La capital está envuelta en las penumbras vespertinas.
La nieve cae lentamente en gruesos copos, gira alrededor de los faroles
encendidos, se extiende, en fina, blanda capa, sobre los tejados, sobre los
lomos de los caballos, sobre los hombros humanos, sobre los sombreros.
El cochero Yona está todo blanco, como un aparecido.
Sentado en el pescante de su trineo, encorvado el cuerpo cuanto puede estarlo un
cuerpo humano, permanece inmóvil. Diríase que ni un alud de nieve
que le cayese encima le sacaría de su quietud.
Su caballo está también blanco e inmóvil.
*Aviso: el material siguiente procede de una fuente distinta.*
// A peer's token, judged message by message.
ghost use Rattle.std.specs.Prelude.{◌≡◌, cond, ◌≤◌, length, eqb};
ghost use Rattle.octets.specs.Octets.{octets};
ghost use Rattle.token.specs.Token.{chain_of};
ghost use Rattle.conversation.specs.Reading.{start_of, conversation_of, judge, judged};
ghost use Rattle.calls.specs.Calls.{Inside};
ghost use Rattle.receiving.specs.Receiving.{judged_as};

use admitting::admit::admit_message;
use conversation::turns::reading_token;
use conversation::{Record, Scan, Turn};
use message::field;
use refusal::Refusal;
use schemes::list::id_at;
use token::{Refused, read_next};
use vector::{MessageOffset, TokenPlace, in_token};

// What is carried into the first message.
fn start_of(r: Record) -> Scan
    ensures { result ≡ start_of r }
{
    Scan {
        position: 0,
        named: 0,
        requested: r.requested,
        chosen: r.chosen,
        confirmed: r.confirmed,
    }
}

// The messages of a token, each by 2 to 13 and then by 14 and 15.
fn judge_messages(r: Record, t: &[u8], conversation: &[u8]) -> Result<(u32, Scan), Refused>
    requires { Inside r × (length t.now ≤ 65535) }
    ensures { judged_as result ≡ judge r t.now 0 (start_of r) (chain_of t.now 0 0 r.sequence conversation.now) }
{
    let mut rest = t;
    let mut place = TokenPlace(0);
    let mut sequence = r.sequence as u64;
    let mut scan = start_of(r);
    let mut count: u32 = 0;
    // no index is counted here: where the next message begins, each header says
    while !rest.is_empty() {
        let reading = read_next(rest, sequence, conversation);
        let Ok(h) = reading else {
            return reading
                .map(|_| (count, scan))
                .map_err(|refusal| Refused { refusal, place });
        };
        let length = h.length as usize;
        let admission = admit_message(r, t, scan, &rest[..length]);
        let Ok(next) = admission else {
            return admission
                .map(|_| (count, scan))
                .map_err(|refusal| Refused { refusal, place });
        };
        rest = &rest[length..];
        place = in_token(place, MessageOffset(h.length));
        sequence += 1;
        scan = next;
        count += 1;
    }
    Ok((count, scan))
}

// The conversation that a token's messages must have: an acceptor takes it from the first.
pub(crate) fn conversation_of(r: Record, t: &[u8]) -> [u8; 16]
    requires { 40 ≤ length t.now }
    ensures { result ≡ conversation_of r t.now }
{
    let token = reading_token(r.acceptor, r.stage);
    if token == Turn::FIRST {
        return id_at(t, field::CONVERSATION);
    }
    r.conversation
}

// The same where it stands: a part of the token, or the record's own.
fn expected<'a>(token: u8, t: &'a [u8], own: &'a [u8]) -> &'a [u8]
    requires { 40 ≤ length t.now }
    ensures { result.now ≡ cond (eqb token 0) (octets 16 t.now 24) own.now }
{
    if token == Turn::FIRST {
        return &t[field::CONVERSATION..field::COMMON_HEADER];
    }
    own
}

// 2 to 15, message by message.
pub(crate) fn judge_token(r: Record, t: &[u8]) -> Result<(u32, Scan), Refused>
    requires { Inside r × (length t.now ≤ 65535) }
    ensures { judged_as result ≡ judged r t.now }
{
    if t.len() < field::COMMON_HEADER {
        return Err(Refused {
            refusal: Refusal::TooShort,
            place: TokenPlace(0),
        });
    }
    let token = reading_token(r.acceptor, r.stage);
    judge_messages(r, t, expected(token, t, &r.conversation))
}
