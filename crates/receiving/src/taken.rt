// The record after an accepted token.
ghost use Rattle.std.specs.Prelude.{◌≡◌, length};
ghost use Rattle.conversation.specs.Reading.{counts_after, taken};
ghost use Rattle.receiving.specs.Receiving.{Taking, moved_by};

use super::judge::conversation_of;
use admitting::named::listed;
use conversation::turns::reading_token;
use conversation::{Record, Scan, Turn};
use schemes::reply::kept_places;
use schemes::set::{common_set, full_set};

// Whether the own one VERIFY is spent after a token: the acceptor's first later token fixes the choice, and with it whether an early one counts.
fn counts_after(r: Record, scan: Scan) -> bool
    ensures { result ≡ counts_after r scan }
{
    if r.stage != Record::REPLY {
        return r.attested;
    }
    if r.attested {} else {
        return false;
    }
    scan.chosen == r.requested
}

// What every accepted token changes: stage, turn, conversation, and what was carried out of it.
fn moved(r: Record, t: &[u8], messages: u32, scan: Scan) -> Record
    requires { Taking r (length t.now) messages }
    ensures { result ≡ moved_by r t.now messages scan }
{
    let token = reading_token(r.acceptor, r.stage);
    let conversation = conversation_of(r, t);
    let attested = counts_after(r, scan);
    let mut next = r;
    next.stage = token + 1;
    next.position = 0;
    next.conversation = conversation;
    next.metadata = 0;
    next.requested = scan.requested;
    next.chosen = scan.chosen;
    next.attested = attested;
    next.confirmed = scan.confirmed;
    next.sequence = r.sequence + messages;
    next.used = r.used + t.len();
    next
}

// The record after a token of so many messages: the first gives the common schemes, the reply the kept places too.
pub(crate) fn taken_record(r: Record, t: &[u8], messages: u32, scan: Scan) -> Record
    requires { Taking r (length t.now) messages }
    ensures { result ≡ taken r t.now messages scan }
{
    let token = reading_token(r.acceptor, r.stage);
    let mut next = moved(r, t, messages, scan);
    if token == Turn::FIRST {
        next.common = common_set(&r.list, r.count, listed(t));
        return next;
    }
    if token == Turn::ANSWER {
        let kept = kept_places(&r.list, r.count, listed(t));
        let places = kept.places;
        next.kept = places;
        next.common = full_set(kept.count);
        return next;
    }
    next
}
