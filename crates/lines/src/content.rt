// The lines of a message that passed its checks, by their index.
ghost use Rattle.std.specs.Prelude.{◌≡◌, [], get_or};
ghost use Rattle.message.specs.Layout.{nego, exchange, verify, alert};
ghost use Rattle.text.specs.Text.{text, written};
ghost use Rattle.lines.specs.Lines.{message_lines};
ghost use Rattle.lines.specs.Fit.{Fit, shape_in, lines_in};

use super::line;
use message::{Kind, field};
use octets::le_u32;
use parts::{alerts, extensions, scheme, schemes};
use vector::TokenPlace;

// A NEGO's schemes, then its extensions.
fn nego_line(d: &mut [u8], m: &[u8], index: usize) -> usize
    requires { Fit nego m.now }
    ensures { text d.new result ≡ written (get_or (lines_in nego m.now) index []) (text d.old 0) }
{
    let ids = schemes(m);
    let count = ids.len() / field::ID;
    if index < count {
        let at = field::ID * index;
        return line::scheme(d, index, &ids[at..at + field::ID]);
    }
    let array = extensions(m);
    let k = index - count;
    if k < array.len() / field::ELEMENT {
        return line::extension(d, k, array, field::ELEMENT * k);
    }
    0
}

// The scheme of a message with one scheme, then its exchange. This and `verify_line` are no one function: with a closure for the second line, and a layout for
// the contract, it would be longer than both.
fn exchange_line(d: &mut [u8], m: &[u8], index: usize) -> usize
    requires { Fit exchange m.now }
    ensures { text d.new result ≡ written (get_or (lines_in exchange m.now) index []) (text d.old 0) }
{
    match index {
        0 => line::scheme(d, 0, scheme(m)),
        1 => line::exchange(d, m),
        _ => 0,
    }
}

// The scheme of a VERIFY, then its checksum.
fn verify_line(d: &mut [u8], m: &[u8], index: usize) -> usize
    requires { Fit verify m.now }
    ensures { text d.new result ≡ written (get_or (lines_in verify m.now) index []) (text d.old 0) }
{
    match index {
        0 => line::scheme(d, 0, scheme(m)),
        1 => line::checksum(d, m),
        _ => 0,
    }
}

// The scheme of an ALERT, its error code, then its alerts.
fn alert_line(d: &mut [u8], m: &[u8], index: usize) -> usize
    requires { Fit alert m.now }
    ensures { text d.new result ≡ written (get_or (lines_in alert m.now) index []) (text d.old 0) }
{
    if index == 0 {
        return line::scheme(d, 0, scheme(m));
    }
    if index == 1 {
        return line::error(d, m);
    }
    let array = alerts(m);
    let k = index - 2;
    if k < array.len() / field::ELEMENT {
        return line::alert(d, k, array, field::ELEMENT * k);
    }
    0
}

// The line of the message m with an index; nothing where it has none with that index.
pub(crate) fn line_at(d: &mut [u8], place: TokenPlace, m: &[u8], index: usize) -> usize
    requires { Fit (shape_in m.now) m.now }
    ensures { text d.new result ≡ written (get_or (message_lines place.0 m.now) index []) (text d.old 0) }
{
    if index == 0 {
        return line::message(d, place, m);
    }
    let kind = le_u32(m, field::TYPE);
    let behind = index - 1;
    if kind <= Kind::ACCEPTOR_NEGO {
        return nego_line(d, m, behind);
    }
    if kind <= Kind::AP_REQUEST {
        return exchange_line(d, m, behind);
    }
    if kind == Kind::VERIFY {
        return verify_line(d, m, behind);
    }
    alert_line(d, m, behind)
}
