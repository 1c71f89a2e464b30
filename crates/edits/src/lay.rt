// A curve goes into a lent run, and out of it.
ghost use Rattle.std.specs.Prelude.{◌≡◌, true, ◌++◌, ◌+◌, ◌*◌, ◌/◌, ◌<◌, ◌≤◌, length, drop};
ghost use Rattle.knots.specs.Whole.{on};
ghost use Rattle.edits.specs.Rows.{given};
ghost use Rattle.runs.specs.Lent.{padded};
ghost use Rattle.edits.specs.Work.{knots_from, points_from, weights_from};
ghost use Rattle.edits.specs.Passes.{given_row, RowsLaid, KnotsLaid, CurveIn};

use crate::counts::given_count;
use crate::inside::{put_whole, whole_row};
use crate::rows::{kept_row, vector_of};
use knots::curve::Curve;
use runs::copy::{clear_from, copy_run};
use runs::points::{point_at, put_point};
use runs::weights::{put_weight, weight_at};

// Points and their weights become rows. The test of the loop is the reader's own, so that the compiler keeps one of them.
pub fn lay_rows(points: &[f64], rational: bool, weights: &[f64], rows: &mut [f64])
    requires points_in_bounds { rational ≡ true → length points.now / 3 ≤ length weights.now }
    requires points_in_bounds_2 { length points.now / 3 * 4 ≤ length rows.old }
    ensures { RowsLaid rational (given_row points.now rational weights.now) (length points.now / 3) rows.old rows.new }
{
    for i in 0..points.len() / 3 {
        let q = kept_row(point_at(points, i), weight_at(rational, weights, i));
        put_whole(rational, rows, i, q);
    }
}

// Knots go to place a and on.
pub fn lay_knots(knots: &[f64], a: usize, work: &mut [f64])
    requires { a + length knots.now ≤ length work.old }
    ensures { KnotsLaid a knots.now work.old work.new }
{
    for i in 0..knots.len() {
        work[a + i] = knots[i];
    }
}

// A curve goes into a run, its knots to place a.
pub fn lay_into(curve: Curve, a: usize, work: &mut [f64])
    requires points_in_bounds { curve.rational ≡ true → length curve.points.now / 3 ≤ length curve.weights.now }
    requires points_len_bound { (length curve.points.now / 3 * 4 ≤ a) × (a + length curve.knots.now ≤ length work.old) }
    ensures { on curve.entry (λ p ks ps g ws. CurveIn a ks ps g ws) work.old work.new }
{
    lay_rows(curve.points, curve.rational, curve.weights, work);
    lay_knots(curve.knots, a, work);
}

// The points and weights of n rows go to n points, and to the front of the weights. The test of the loop is the store's own.
pub fn take_rows(n: usize, rational: bool, rows: &[f64], points: &mut [f64], weights: &mut [f64])
    requires n_in_bounds { n * 4 ≤ length rows.now }
    requires points_len { length points.old ≡ n * 3 }
    requires n_in_bounds_2 { rational ≡ true → n ≤ length weights.old }
    ensures points_after { points.new ≡ points_from n rows.now }
    ensures weights_after { weights.new ≡ weights_from rational n rows.now ++ drop (given rational n) weights.old }
{
    for i in 0..points.len() / 3 {
        let q = whole_row(rational, rows, i);
        put_point(points, i, vector_of(q));
        put_weight(weights, rational, i, q.w);
    }
}

// The curve of m points from row f and knot f on goes to three outputs, +0.0 behind it.
pub fn store_curve(
    p: usize,
    m: usize,
    f: usize,
    rational: bool,
    a: usize,
    work: &[f64],
    knots: &mut [f64],
    points: &mut [f64],
    weights: &mut [f64],
)
    requires m_bound { ((f + m) * 4 ≤ a) × (a + f + (m + p + 1) ≤ length work.now) }
    requires p_in_bounds { m + p + 1 ≤ length knots.old }
    requires m_in_bounds { m * 3 ≤ length points.old }
    requires m_in_bounds_2 { given rational m ≤ length weights.old }
    ensures knots_after { knots.new ≡ padded (length knots.old) (knots_from (a + f) p m work.now) }
    ensures points_after { points.new ≡ padded (length points.old) (points_from m (drop (f * 4) work.now)) }
    ensures weights_after { weights.new ≡ padded (length weights.old) (weights_from rational m (drop (f * 4) work.now)) }
{
    let from = a + f;
    let end = from + (m + p + 1);
    copy_run(&work[from..end], knots);
    let first = f * 4;
    let past = m * 3;
    take_rows(m, rational, &work[first..], &mut points[..past], weights);
    clear_from(points, past);
    clear_from(weights, given_count(rational, m));
}
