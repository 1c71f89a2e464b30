// A curve in a lent run, for other edits. Each call is total, and a refusal leaves +0.0 alone in what is lent.
ghost use Rattle.std.specs.Prelude.{◌≡◌, ◌+◌, ◌*◌, length, drop};
ghost use Rattle.knots.specs.Refusal.{checked};
ghost use Rattle.knots.specs.Clear.{zeros};
ghost use Rattle.knots.specs.Whole.{on};
ghost use Rattle.runs.specs.Lent.{left_in};
ghost use Rattle.edits.specs.Work.{knots_from, points_from, weights_from, work_room, lay_refusal, lay_outcome, refusal_of, work_in, take_refusal, front_refusal};

use crate::counts::given_count;
use crate::lay::{lay_into, store_curve};
use crate::start::out_room;
use knots::clear::clear;
use knots::curve::{Curve, formed_refusal};
use knots::refusal::{Reason, Refusal, refuse};
use knots::shape::room_refusal;

// Every lent run at once: what a refusal leaves.
pub fn clear_all(knots: &mut [f64], points: &mut [f64], weights: &mut [f64], rows: &mut [f64])
    ensures { (knots.new ≡ zeros (length knots.old)) × (points.new ≡ zeros (length points.old)) × (weights.new ≡ zeros (length weights.old)) × (rows.new ≡ zeros (length rows.old)) }
{
    clear(knots);
    clear(points);
    clear(weights);
    clear(rows);
}

// 30 for a run of l numbers that is to hold n points and m knots.
pub fn work_room(n: usize, m: usize, a: usize, l: usize) -> Result<(), Refusal>
    ensures { result ≡ checked (work_room n m a l) }
{
    if n > a / 4 {
        return Err(refuse(Reason::LengthBad));
    }
    if a > l {
        return Err(refuse(Reason::LengthBad));
    }
    if m > l - a {
        return Err(refuse(Reason::LengthBad));
    }
    Ok(())
}

// 30 for the weights, and for the run.
fn lay_refusal(curve: Curve, a: usize, l: usize) -> Result<(), Refusal>
    ensures { result ≡ checked (on curve.entry (λ p. lay_refusal) a l) }
{
    let n = curve.points.len() / 3;
    room_refusal(curve.weights.len(), given_count(curve.rational, n))?;
    work_room(n, curve.knots.len(), a, l)
}

// A curve goes into a run, its knots to place a. Beside it the run stays as it was.
pub fn lay_curve(curve: Curve, a: usize, work: &mut [f64]) -> Result<(), Refusal>
    ensures value { result ≡ checked (refusal_of (on curve.entry (λ p. lay_outcome) a (length work.old))) }
    ensures work_after { work.new ≡ work_in a curve.entry.rational work.old (on curve.entry (λ p. lay_outcome) a (length work.old)) }
{
    if let Err(r) = lay_refusal(curve, a, work.len()) {
        clear(work);
        return Err(r);
    }
    lay_into(curve, a, work);
    Ok(())
}

// The curve of m points from row f and knot f on goes to three outputs, +0.0 behind it.
pub fn take_curve(
    p: usize,
    m: usize,
    f: usize,
    rational: bool,
    a: usize,
    work: &[f64],
    knots: &mut [f64],
    points: &mut [f64],
    weights: &mut [f64],
) -> Result<(), Refusal>
    ensures value { result ≡ checked (take_refusal p m f rational a (length work.now) (length knots.old) (length points.old) (length weights.old)) }
    ensures knots_after { knots.new ≡ left_in (take_refusal p m f rational a (length work.now) (length knots.old) (length points.old) (length weights.old)) (length knots.old) (knots_from (a + f) p m work.now) }
    ensures points_after { points.new ≡ left_in (take_refusal p m f rational a (length work.now) (length knots.old) (length points.old) (length weights.old)) (length points.old) (points_from m (drop (f * 4) work.now)) }
    ensures weights_after { weights.new ≡ left_in (take_refusal p m f rational a (length work.now) (length knots.old) (length points.old) (length weights.old)) (length weights.old) (weights_from rational m (drop (f * 4) work.now)) }
{
    let early = take_refusal(
        p,
        m,
        f,
        rational,
        a,
        work.len(),
        knots.len(),
        points.len(),
        weights.len(),
    );
    if let Err(r) = early {
        clear(knots);
        clear(points);
        clear(weights);
        return Err(r);
    }
    store_curve(p, m, f, rational, a, work, knots, points, weights);
    Ok(())
}

// 30 for the run, and for the outputs.
fn take_refusal(
    p: usize,
    m: usize,
    f: usize,
    rational: bool,
    a: usize,
    l: usize,
    b: usize,
    c: usize,
    d: usize,
) -> Result<(), Refusal>
    ensures { result ≡ checked (take_refusal p m f rational a l b c d) }
{
    if f > a / 4 {
        return Err(refuse(Reason::LengthBad));
    }
    if m > a / 4 - f {
        return Err(refuse(Reason::LengthBad));
    }
    if a > l {
        return Err(refuse(Reason::LengthBad));
    }
    if f + m > l - a {
        return Err(refuse(Reason::LengthBad));
    }
    if p >= l - a - (f + m) {
        return Err(refuse(Reason::LengthBad));
    }
    out_room(p, m, rational, b, c, d)
}

// 30, and 1 to 10 of the curve of n points at the front of three runs.
pub fn front_refusal(
    p: usize,
    n: usize,
    rational: bool,
    knots: &[f64],
    points: &[f64],
    weights: &[f64],
) -> Result<(), Refusal>
    ensures { result ≡ checked (front_refusal p n rational knots.now points.now weights.now) }
{
    out_room(p, n, rational, knots.len(), points.len(), weights.len())?;
    let a = n + p + 1;
    let b = n * 3;
    let c = given_count(rational, n);
    formed_refusal(p, n, &knots[..a], &points[..b], rational, &weights[..c])
}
Por su inmovilidad, por las líneas rígidas de su cuerpo, por la
tiesura de palos de sus patas, parece, aun mirado de cerca, un caballo de dulce
de los que se les compran a los chiquillos por un copec. Hállase sumido
en sus reflexiones: un hombre o un caballo, arrancados del trabajo campestre y
lanzados al infierno de una gran ciudad, como Yona y su caballo, están
siempre entregados a tristes pensamientos. Es demasiado grande la diferencia
entre la apacible vida rústica y la vida agitada, toda ruido y angustia,
de las ciudades relumbrantes de luces.
Hace mucho tiempo que Yona y su caballo permanecen
inmóviles. Han salido a la calle antes de almorzar; pero Yona no ha
ganado nada.
Las sombras se van adensando. La luz de los faroles se va
haciendo más intensa, más brillante. El ruido aumenta.